Note that these are only suggestions. It is important you and your members come up with your own list of expectations for board behavior and that you adopt only the ones you all agree to.
As the president, also understand that some people will continue to restate their position until others acknowledge they hear it. Often, they are even aware that they are doing this. Observe your members at your next meeting. If one member frequently restates his position during discussions, try this strategy: After that member states his position the first time (and before you call on the next person wanting to speak), restate his position by saying something like, “So, Mr. Smith, what I hear you saying is …” This will reassure the member he was heard, give him a chance to clarify if you have misunderstood and keep the discussion from bogging down in repetition.
If, on the other hand, your board seems to always run from crisis to crisis, it is important to analyze what is keeping the board in that state. Possible culprits include:
- The board isn’t given ample time to digest major issues because of deadlines. Consider asking the superintendent to include in the board packet a list of all deadlines that will require some sort of board action in the next three months. Then use the list to prioritize what comes before the board each month.
- Unexpected maintenance or facilities problems. Ask the superintendent to develop lists of short- and long-term preventive maintenance recommendations along with cost estimates. Hold a work session to review and prioritize them.
- A steady stream of student discipline problems. Ask the superintendent to analyze school climate data, review the data with the board and develop a plan for addressing the deeper issues are creating or exacerbating behavior problems.
Tread carefully when dealing with an Alabama Supreme Court ruling on serial meetings. In a June ruling, the Alabama Supreme Court ruled a local school board did not violate the Open Meetings Act when its members met in small groups on an issue pending before the board. Such meetings were dubbed serial meetings because they were held back to back with the superintendent and board president present in each meeting and the remaining six board members attending in pairs. The ruling, which by a 5-4 vote found the meetings did not violate the OMA, hinged on the fact that at no time was a quorum of the board present. Thus, even though the board members discussed something likely to come before the board at a later date, the court ruled the serial meetings where not official board meetings subject to the OMA.
Despite the ruling, AASB is urging boards to use an abundance of caution when considering holding such meetings. The high court’s decision was close, and it is worth noting that two of the justices will no longer be part of the court should the issue be challenged again. It appears likely that the courts will continue to define what is acceptable in future rulings.

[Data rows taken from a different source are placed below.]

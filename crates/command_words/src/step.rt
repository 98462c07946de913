//! The command `step`.
ghost use Rattle.std.specs.Prelude.{◌≡◌, ◌∷◌, [], IfOk, Err, codes, length};
ghost use Rattle.command_words.specs.Words.{IsCommand, IsUsage};
ghost use Rattle.command_words.specs.inside.Split.{IsStepOf, texts};

use crate::apart::are_apart;
use crate::command::{Command, WordsError};
use crate::file_name::FileName;
use crate::number::{steps_of, time_of};
use crate::settings::option_values;
use crate::table::STEP;
use std::alloc::{AllocError, Global};

/// The command `step` of a time, a number of steps, and the values of its options.
fn step_of(alloc: Global, time: u128, steps: u32, values: &[&str]) -> Result<Command, AllocError>
    requires { length values.now ≡ 6 }
    ensures { IfOk result (IsStepOf (texts values.now) time steps) }
{
    Ok(Command::Step {
        netlist: FileName::new(alloc, values[2])?,
        waves: FileName::new(alloc, values[3])?,
        time,
        steps,
        certificate: FileName::new(alloc, values[4])?,
        report: FileName::new(alloc, values[5])?,
    })
}

/// The command `step` over the words after its name.
pub(crate) fn step(alloc: Global, words: &[&str]) -> Result<Command, WordsError>
    ensures command { IfOk result (IsCommand (codes "step" ∷ texts words.now)) }
    ensures usage { result ≡ Err WordsError.Usage → IsUsage (codes "step" ∷ texts words.now) }
{
    let values = match option_values(alloc, &STEP, words) {
        Ok(values) => values,
        Err(error) => return Err(error),
    };
    let all = values.as_slice();
    let Some(time) = time_of(all[0]) else {
        return Err(WordsError::Usage);
    };
    let Some(steps) = steps_of(all[1]) else {
        return Err(WordsError::Usage);
    };
    if !are_apart(&all[4..]) {
        return Err(WordsError::Usage);
    }
    match step_of(alloc, time, steps, all) {
        Ok(command) => Ok(command),
        Err(_) => Err(WordsError::Want),
    }
}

In the court of public opinion, this practice usually raises significant public concern about whether the board is acting in secret. It is guaranteed to generate negative publicity and that impacts public confidence.
However, these cautions do not mean board members should avoid having discussions with each other beyond the board table. It is acceptable – and often advisable – for you, as an individual board member, to ask a fellow member about his or her views on an issue before the board. This can be an important tool for gathering information, gaining new perspectives and insuring you fully understand the pros and cons of a proposal before the board meets to publicly discuss it. But there is a difference between one member gathering information for his own education or advocating for a position and a deliberate effort by the board as a whole to discuss an issue outside the public sight.